On met beaucoup plus de temps pour produire en bio, on a plus de préoccupations à gérer, il faut par exemple être beaucoup plus réactif en cas d'aléas.
Sophie Tabary
"On met beaucoup plus de temps pour produire en bio, on a plus de préoccupations à gérer, il faut par exemple être beaucoup plus réactif en cas d'aléas. C'est usant de ne pas avoir de reconnaissance."

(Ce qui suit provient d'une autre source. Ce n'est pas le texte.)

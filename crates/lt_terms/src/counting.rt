//! How many nodes a term has, with those of its types.
ghost use Rattle.std.specs.Prelude.{◌≡◌, ◌+◌, ◌-◌, ◌^◌, min};
ghost use Rattle.lt_definitions.specs.Types.{types_nodes, row};
ghost use Rattle.lt_definitions.specs.Terms.{term_nodes};
ghost use Rattle.lt_terms.specs.Counts.{node_count};

use crate::term::{Term, TermNode};
use lt_types::Ty;

/// How many nodes a term has, those of its types too, or 2^64 - 1 where there are more.
///
/// It takes time linear in the nodes of the term alone and the lengths of its constants' lists of
/// types.
pub fn nodes(t: &Term) -> u64
    ensures { result ≡ min (term_nodes t.now) (2 ^ 64 - 1) }
{
    let mut count = 0u64;
    for node in t.nodes() {
        count = count.saturating_add(node_count(node));
    }
    count
}

/// How many nodes a node stands for: itself and those of its types.
fn node_count(node: &TermNode) -> u64
    ensures { result ≡ min (node_count node.now) (2 ^ 64 - 1) }
{
    match node {
        TermNode::Free(_, ty) => (ty.len() as u64).saturating_add(1),
        TermNode::Bound(_) => 1,
        TermNode::Const(_, types) => types_count(types.as_slice()).saturating_add(1),
        TermNode::App(_, _) => 1,
        TermNode::Lam(_, ty, _) => (ty.len() as u64).saturating_add(1),
    }
}

/// How many nodes types have together.
fn types_count(types: &[Ty]) -> u64
    ensures { result ≡ min (types_nodes (row types.now)) (2 ^ 64 - 1) }
{
    let mut count = 0u64;
    for ty in types {
        count = count.saturating_add(ty.len() as u64);
    }
    count
}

Une division professionnelle
Surtout, la présidente affirme ne pas s'être sentie représentée lors du mouvement des agriculteurs ces deux dernières semaines. "Il aurait pu y avoir une volonté de réunir l'entièreté de la profession agricole, sans en exclure un pan entier... Mais là nous n'avions pas notre place dans les cortèges vu les reculs importants demandés en matière environnementale." Une thématique pourtant centrale de l'agriculture pour ces 20 prochaines années, selon la professionnelle.
Nous n'avions pas notre place dans les cortèges vu les reculs importants demandés en matière environnementale.
Sophie Tabary
"Quand voit autant de mépris pour notre travail dans les normes annoncées ces derniers jours, on se sent abandonné", finit-elle par déplorer. "Pour nous, ces annonces ont été un affront, une goutte de glyphosate de trop."